11 June 2011

She Is My Best Friend


I would not write half the shit I do write if not for the Hammer. Animals are so much like us and so much unlike us. Take this morning for instance. I was lying there sleeping when the Hammer came in and woke me up. I could ignore her of course but that would be an invitation for her to vomit in front of the fireplace. That is her vomiting place.

I like to vomit. Makes me feel like a man. The Hammer likes to vomit more. Keeps her master on his toes.

I like the morning. The Hammer likes it more. If she had not woke me up I would have had an hour or two less of consciousness today. I would not have had time to do the things I do, like typing, before the beer does what it does to me.

Last weekend it was sunny and hot. I took the Hammer to her favourite creek, the one with the big beaver pond. She was so happy. Maybe even happier than all the Canuck fans were last night and she does not even smoke dope and drink beer like they all do.
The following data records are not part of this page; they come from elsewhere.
/// Pieces of streams, by name, in hex. Whole streams have their names in `test_vectors`.
pub(crate) const PIECES: &str =
    "# The marker and STREAMINFO of 44100 Hz, one or two channels of 16 bits, blocks of 16 to 4096 (or 4608) samples; total and digest unknown.
MONO 664c614380000022001010000000000000000ac440f00000000000000000000000000000000000000000
STEREO 664c614380000022001010000000000000000ac442f00000000000000000000000000000000000000000
MONO_4608 664c614380000022001012000000000000000ac440f00000000000000000000000000000000000000000
# The same as MONO, and more blocks after it.
MORE 664c614300000022001010000000000000000ac440f00000000000000000000000000000000000000000
# The raw samples 0 to 15 in one channel, and in each of two.
RISING 00000100020003000400050006000700080009000a000b000c000d000e000f00
RISING_TWICE 000000000100010002000200030003000400040005000500060006000700070008000800090009000a000a000b000b000c000c000d000d000e000e000f000f00
# The program's comment block without comments, the last block.
COMMENTS 840000160e000000666c61632070726f66696c65203100000000
# The same with TITLE=x.
TITLE_X 840000210e000000666c61632070726f66696c65203101000000070000005449544c453d78
# STREAMINFO of one sample of two channels, its digest stated, and the frame that is written.
ONE_INFO 664c6143000000221000100000000f00000f0ac442f0000000013e84b41807dc690307586a3dad1a2e0f
ONE_FRAME fff869180000bf0158fd01128b5ab2
# Pages of Ogg. The mapping packet with STREAMINFO of one sample of two channels; a comment block of no vendor and no comments, the last block; the frame of that sample, on the page marked last.
MAPPING 4f67675300020000000000000000010000000000000018597d8f01337f464c414301000001664c6143000000221000100000000f00000f0ac442f0000000013e84b41807dc690307586a3dad1a2e0f
COMMENT 4f67675300000000000000000000010000000100000060d1f601010c840000080000000000000000
FRAME 4f67675300040100000000000000010000000200000049872f1f010ffff869180000bf0158fd01128b5ab2
# The frame on a page that is not marked last; a packet of no bytes; the comment block on a page of another stream, on one marked first, and on one marked as going on.
OPEN_FRAME 4f67675300000100000000000000010000000200000044af28c6010ffff869180000bf0158fd01128b5ab2
NO_BYTES 4f67675300040100000000000000010000000200000042c88ac20100
OTHER_SERIAL 4f67675300000000000000000000020000000100000009290325010c840000080000000000000000
FIRST_AGAIN 4f67675300020000000000000000010000000100000047c81eb7010c840000080000000000000000
CONTINUED 4f6767530001000000000000000001000000010000002853e2d8010c840000080000000000000000
# A mapping packet of version 2.0, and one on a page not marked first; the frame and a byte after it; the frame without its last byte; the mapping and the comment block on pages marked last.
VERSION_2 4f676753000200000000000000000100000000000000862d042301337f464c414302000001664c6143000000221000100000000f00000f0ac442f0000000013e84b41807dc690307586a3dad1a2e0f
NOT_FIRST 4f676753000000000000000000000100000000000000138b544b01337f464c414301000001664c6143000000221000100000000f00000f0ac442f0000000013e84b41807dc690307586a3dad1a2e0f
LONG_FRAME 4f676753000401000000000000000100000002000000d13b8bfb0110fff869180000bf0158fd01128b5ab200
SHORT_FRAME 4f676753000401000000000000000100000002000000bebfc95c010efff869180000bf0158fd01128b5a
LAST_MAPPING 4f676753000600000000000000000100000000000000b9e0ef0301337f464c414301000001664c6143000000221000100000000f00000f0ac442f0000000013e84b41807dc690307586a3dad1a2e0f
LAST_COMMENT 4f67675300040000000000000000010000000100000099fee768010c840000080000000000000000
# A page without segments, number 2, and the frame on page 3.
NO_SEGMENTS 4f6767530000000000000000000001000000020000006fbac59600
FRAME_3 4f676753000401000000000000000100000003000000fcd3a3d2010ffff869180000bf0158fd01128b5ab2
# The start of a block of 296 zeros, of which 251 follow; the same on a page marked last; the page of the other 45; that page not marked as going on; what comes after.
PADDING 4f6767530000ffffffffffffffff0100000001000000ddebfd6401ff01000128
LAST_PADDING 4f6767530004ffffffffffffffff0100000001000000acd9ce5801ff01000128
PADDING_GOES_ON 4f676753000100000000000000000100000002000000411b4d40012d
PADDING_BEGUN_ANEW 4f676753000000000000000000000100000002000000231e0274012d
COMMENT_3 4f67675300000000000000000000010000000300000033a332e2010c840000080000000000000000
FRAME_4 4f676753000401000000000000000100000004000000994784bb010ffff869180000bf0158fd01128b5ab2
# The mapping packet with STREAMINFO of one channel in blocks of 16 samples, the last block; frames 0 to 3 of sixteen zeros, a page each; all four on one page.
ZEROS_MAPPING 4f676753000200000000000000000100000000000000b381634601337f464c414301000000664c614380000022001000100000000000000ac440f00000000000000000000000000000000000000000
ZEROS_0 4f6767530000100000000000000001000000010000007175b08c010cfff86908000f300000004680
ZEROS_1 4f67675300002000000000000000010000000200000072d8dcb9010cfff86908010f25000000ba85
ZEROS_2 4f67675300003000000000000000010000000300000080e9f487010cfff86908020f1a0000003e8f
ZEROS_3 4f676753000440000000000000000100000004000000f9b2852e010cfff86908030f0f000000c28a
ZEROS_TOGETHER 4f676753000440000000000000000100000001000000fab58f43040c0c0c0cfff86908000f300000004680fff86908010f25000000ba85fff86908020f1a0000003e8ffff86908030f0f000000c28a
# The program's comment block on page 1.
VENDOR 4f67675300000000000000000000010000000100000050e32f54011a840000160e000000666c61632070726f66696c65203100000000
# STREAMINFO of 48 samples of one channel in blocks of 16, its three frames, the last one and the second one with another byte; STREAMINFO without the number of samples and their digest.
PART_INFO 664c6143800000220010001000001e00001f0ac440f00000003089cc5a1a79ef4a2036c1fe81a38a3bb2
PART_0 fff86908000f3012000001e660a7ae89ef2192aa632b5fc5e96c42d08012d2
PART_1 fff86908010f2512011001d6295f9eac1a589927b650f141279aad6025d7
PART_2 fff86908020f1a1200e405cc92ab25ea7f2f542c84d29bc6a89d8bf04582
PART_BAD fff86908020f1a1200e405cc93ab25ea7f2f542c84d29bc6a89d8bf04582
PART_1_BAD fff86908010f2512011001d6285f9eac1a589927b650f141279aad6025d7
PART_OPEN 664c6143800000220010001000001e00001f0ac440f00000000000000000000000000000000000000000
# Sixteen zeros at 65537 Hz, of 5 bits: STREAMINFO and the frame; in Ogg the mapping packet and the frame's page.
LAX 664c6143000000220010001000000b00000b10001040000000104ae71336e44bf9bf79d2752e234818a5
LAX_FRAME fff86000000fc700000572
LAX_MAPPING 4f67675300020000000000000000010000000000000029c2183b01337f464c414301000001664c6143000000220010001000000b00000b10001040000000104ae71336e44bf9bf79d2752e234818a5
LAX_PAGE 4f676753000410000000000000000100000002000000aa3cdb8e010bfff86000000fc700000572
# 1001 and -1001 in turn: the frame by a linear predictor of the coefficient -1, STREAMINFO of such a stream, and in Ogg; STREAMINFO and the frame by a fixed predictor of order 0, with residuals of 11 bits.
PREDICTED_FRAME fff86908000f304003e90040f000b5aa
PREDICTED 664c614300000022001000100000100000100ac440f000000010d1f223132b5d8ea4d06feffa79868854
PREDICTED_MAPPING 4f67675300020000000000000000010000000000000029bebf0b01337f464c414301000001664c614300000022001000100000100000100ac440f000000010d1f223132b5d8ea4d06feffa79868854
PREDICTED_PAGE 4f6767530004100000000000000001000000020000000ecc45b30110fff86908000f304003e90040f000b5aa
PLAIN 664c614300000022001000100000220000220ac440f000000010d1f223132b5d8ea4d06feffa79868854
PLAIN_FRAME fff86908000f301003d6fa60bbe982efa60bbe982efa60bbe982efa60bbe982eb03d";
A happy dog makes me happy. Happy me likes to write. The Hammer wants me to take her to the park for her morning shit. Too bad she cannot use the crapper like me. I guess that is it for the typing this morning.

4 comments:

Nazz Nomad said...

When my son was about 8, he had a couple of days of major puking. I taught him then how puking is cool and a necessary part of manhood. They can take away our music, and our rights, but they can't take away our puking.

I wish I had a dog.

RossK said...

It would appear that one can get quite a bit of good typing done between the calls for the barfing and the pooping.

Never thought of trying that.

.

Mr. Beer N. Hockey said...

Nazzy - "Puking is cool and a necessary part of manhood." Sounds like a great line to start a song, poem, play or novel with. Hell, the motherfuckers who wrote the Bible ought to have included the line, : "...and on the eighth day God heaved his fucking guts out."

Gazzy - Every man should have a system.

Anonymous said...

Oh yuk!!! Barfing is horrid.

If men love to barf. Too bad they can't be the pregnant ones, who barf "morning sickness", morning, noon and night. As well as that, you would have to pee, at least 60 times a day. Eventually you can no longer walk, you waddle. Ever had to try and squish your self, into a restaurant booth? Try typing, when your belly doesn't allow you, to get close enough to the computer to type.

Jeesh, you guys get all the breaks. Barfing once in a blue moon, big deal!!!